REQUIRED WORK. An exact, complete copy of the lines below is the expected answer.

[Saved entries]
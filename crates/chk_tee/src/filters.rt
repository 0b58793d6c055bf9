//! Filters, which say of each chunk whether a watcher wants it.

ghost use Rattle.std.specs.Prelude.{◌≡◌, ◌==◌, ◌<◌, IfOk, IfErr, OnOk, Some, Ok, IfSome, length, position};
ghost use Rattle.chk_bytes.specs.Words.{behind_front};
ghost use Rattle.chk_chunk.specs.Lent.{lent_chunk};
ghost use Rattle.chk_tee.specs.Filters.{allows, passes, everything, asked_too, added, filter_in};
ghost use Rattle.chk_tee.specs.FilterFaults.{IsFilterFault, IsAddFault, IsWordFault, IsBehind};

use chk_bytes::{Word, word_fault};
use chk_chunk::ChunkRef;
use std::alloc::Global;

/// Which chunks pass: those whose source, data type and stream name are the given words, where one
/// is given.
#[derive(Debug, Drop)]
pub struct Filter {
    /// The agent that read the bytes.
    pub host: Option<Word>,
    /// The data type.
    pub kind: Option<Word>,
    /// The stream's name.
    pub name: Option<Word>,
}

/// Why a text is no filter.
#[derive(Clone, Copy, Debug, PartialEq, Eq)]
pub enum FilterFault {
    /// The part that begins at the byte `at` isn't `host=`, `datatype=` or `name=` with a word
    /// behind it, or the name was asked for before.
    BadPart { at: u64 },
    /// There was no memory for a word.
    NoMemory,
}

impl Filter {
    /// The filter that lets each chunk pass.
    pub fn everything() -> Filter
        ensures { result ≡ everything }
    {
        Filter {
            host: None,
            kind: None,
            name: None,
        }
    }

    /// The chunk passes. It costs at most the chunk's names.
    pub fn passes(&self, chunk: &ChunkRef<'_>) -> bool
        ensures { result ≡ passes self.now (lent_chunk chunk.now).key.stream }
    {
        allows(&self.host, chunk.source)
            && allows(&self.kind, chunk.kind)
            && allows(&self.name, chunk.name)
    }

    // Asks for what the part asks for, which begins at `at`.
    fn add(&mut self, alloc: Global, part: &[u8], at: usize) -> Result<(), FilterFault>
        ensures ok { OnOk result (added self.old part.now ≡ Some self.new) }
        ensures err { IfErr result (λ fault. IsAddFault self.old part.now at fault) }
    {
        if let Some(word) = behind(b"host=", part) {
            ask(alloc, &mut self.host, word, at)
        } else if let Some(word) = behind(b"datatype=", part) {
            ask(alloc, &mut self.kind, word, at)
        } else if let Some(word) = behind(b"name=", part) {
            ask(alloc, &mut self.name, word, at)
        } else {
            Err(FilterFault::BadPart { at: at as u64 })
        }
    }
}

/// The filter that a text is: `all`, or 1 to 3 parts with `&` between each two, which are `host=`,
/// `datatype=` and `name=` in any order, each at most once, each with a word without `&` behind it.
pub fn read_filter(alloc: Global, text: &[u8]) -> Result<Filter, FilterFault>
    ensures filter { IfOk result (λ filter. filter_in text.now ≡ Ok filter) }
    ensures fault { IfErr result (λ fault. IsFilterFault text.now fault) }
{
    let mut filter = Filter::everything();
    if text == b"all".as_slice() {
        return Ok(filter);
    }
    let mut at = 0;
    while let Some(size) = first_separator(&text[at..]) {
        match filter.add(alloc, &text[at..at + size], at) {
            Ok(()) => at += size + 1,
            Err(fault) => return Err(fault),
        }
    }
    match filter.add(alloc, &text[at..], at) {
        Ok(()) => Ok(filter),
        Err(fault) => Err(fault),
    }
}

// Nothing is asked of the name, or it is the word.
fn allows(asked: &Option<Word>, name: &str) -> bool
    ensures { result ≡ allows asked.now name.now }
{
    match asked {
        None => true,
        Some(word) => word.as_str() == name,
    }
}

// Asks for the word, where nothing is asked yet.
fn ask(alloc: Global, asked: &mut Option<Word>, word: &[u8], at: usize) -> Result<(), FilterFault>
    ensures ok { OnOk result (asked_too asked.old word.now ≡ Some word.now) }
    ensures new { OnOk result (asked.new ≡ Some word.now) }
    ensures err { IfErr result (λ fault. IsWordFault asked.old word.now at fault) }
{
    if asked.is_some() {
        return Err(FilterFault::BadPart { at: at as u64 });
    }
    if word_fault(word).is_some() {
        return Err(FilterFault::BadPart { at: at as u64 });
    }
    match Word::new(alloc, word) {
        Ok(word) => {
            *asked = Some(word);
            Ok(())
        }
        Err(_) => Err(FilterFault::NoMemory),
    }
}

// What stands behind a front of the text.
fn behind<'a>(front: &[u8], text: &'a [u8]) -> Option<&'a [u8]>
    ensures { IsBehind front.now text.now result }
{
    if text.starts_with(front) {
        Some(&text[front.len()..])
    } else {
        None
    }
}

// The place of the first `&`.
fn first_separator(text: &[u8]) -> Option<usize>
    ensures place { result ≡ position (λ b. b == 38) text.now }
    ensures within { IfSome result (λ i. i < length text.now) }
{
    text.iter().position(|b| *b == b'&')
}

RESULT BELOW.
filename crates/chk_tee/src/filters.rt
repository 0b58793d6c055bf9
//! Filters, which say of each chunk whether a watcher wants it.

ghost use Rattle.std.specs.Prelude.{◌≡◌, ◌==◌, ◌<◌, IfOk, IfErr, OnOk, Some, Ok, IfSome, length, position};
ghost use Rattle.chk_bytes.specs.Words.{behind_front};
ghost use Rattle.chk_chunk.specs.Lent.{lent_chunk};
ghost use Rattle.chk_tee.specs.Filters.{allows, passes, everything, asked_too, added, filter_in};
ghost use Rattle.chk_tee.specs.FilterFaults.{IsFilterFault, IsAddFault, IsWordFault, IsBehind};

use chk_bytes::{Word, word_fault};
use chk_chunk::ChunkRef;
use std::alloc::Global;

/// Which chunks pass: those whose source, data type and stream name are the given words, where one
/// is given.
#[derive(Debug, Drop)]
pub struct Filter {
    /// The agent that read the bytes.
    pub host: Option<Word>,
    /// The data type.
    pub kind: Option<Word>,
    /// The stream's name.
    pub name: Option<Word>,
}

/// Why a text is no filter.
#[derive(Clone, Copy, Debug, PartialEq, Eq)]
pub enum FilterFault {
    /// The part that begins at the byte `at` isn't `host=`, `datatype=` or `name=` with a word
    /// behind it, or the name was asked for before.
    BadPart { at: u64 },
    /// There was no memory for a word.
    NoMemory,
}

impl Filter {
    /// The filter that lets each chunk pass.
    pub fn everything() -> Filter
        ensures { result ≡ everything }
    {
        Filter {
            host: None,
            kind: None,
            name: None,
        }
    }

    /// The chunk passes. It costs at most the chunk's names.
    pub fn passes(&self, chunk: &ChunkRef<'_>) -> bool
        ensures { result ≡ passes self.now (lent_chunk chunk.now).key.stream }
    {
        allows(&self.host, chunk.source)
            && allows(&self.kind, chunk.kind)
            && allows(&self.name, chunk.name)
    }

    // Asks for what the part asks for, which begins at `at`.
    fn add(&mut self, alloc: Global, part: &[u8], at: usize) -> Result<(), FilterFault>
        ensures ok { OnOk result (added self.old part.now ≡ Some self.new) }
        ensures err { IfErr result (λ fault. IsAddFault self.old part.now at fault) }
    {
        if let Some(word) = behind(b"host=", part) {
            ask(alloc, &mut self.host, word, at)
        } else if let Some(word) = behind(b"datatype=", part) {
            ask(alloc, &mut self.kind, word, at)
        } else if let Some(word) = behind(b"name=", part) {
            ask(alloc, &mut self.name, word, at)
        } else {
            Err(FilterFault::BadPart { at: at as u64 })
        }
    }
}

/// The filter that a text is: `all`, or 1 to 3 parts with `&` between each two, which are `host=`,
/// `datatype=` and `name=` in any order, each at most once, each with a word without `&` behind it.
pub fn read_filter(alloc: Global, text: &[u8]) -> Result<Filter, FilterFault>
    ensures filter { IfOk result (λ filter. filter_in text.now ≡ Ok filter) }
    ensures fault { IfErr result (λ fault. IsFilterFault text.now fault) }
{
    let mut filter = Filter::everything();
    if text == b"all".as_slice() {
        return Ok(filter);
    }
    let mut at = 0;
    while let Some(size) = first_separator(&text[at..]) {
        match filter.add(alloc, &text[at..at + size], at) {
            Ok(()) => at += size + 1,
            Err(fault) => return Err(fault),
        }
    }
    match filter.add(alloc, &text[at..], at) {
        Ok(()) => Ok(filter),
        Err(fault) => Err(fault),
    }
}

// Nothing is asked of the name, or it is the word.
fn allows(asked: &Option<Word>, name: &str) -> bool
    ensures { result ≡ allows asked.now name.now }
{
    match asked {
        None => true,
        Some(word) => word.as_str() == name,
    }
}

// Asks for the word, where nothing is asked yet.
fn ask(alloc: Global, asked: &mut Option<Word>, word: &[u8], at: usize) -> Result<(), FilterFault>
    ensures ok { OnOk result (asked_too asked.old word.now ≡ Some word.now) }
    ensures new { OnOk result (asked.new ≡ Some word.now) }
    ensures err { IfErr result (λ fault. IsWordFault asked.old word.now at fault) }
{
    if asked.is_some() {
        return Err(FilterFault::BadPart { at: at as u64 });
    }
    if word_fault(word).is_some() {
        return Err(FilterFault::BadPart { at: at as u64 });
    }
    match Word::new(alloc, word) {
        Ok(word) => {
            *asked = Some(word);
            Ok(())
        }
        Err(_) => Err(FilterFault::NoMemory),
    }
}

// What stands behind a front of the text.
fn behind<'a>(front: &[u8], text: &'a [u8]) -> Option<&'a [u8]>
    ensures { IsBehind front.now text.now result }
{
    if text.starts_with(front) {
        Some(&text[front.len()..])
    } else {
        None
    }
}

// The place of the first `&`.
fn first_separator(text: &[u8]) -> Option<usize>
    ensures place { result ≡ position (λ b. b == 38) text.now }
    ensures within { IfSome result (λ i. i < length text.now) }
{
    text.iter().position(|b| *b == b'&')
}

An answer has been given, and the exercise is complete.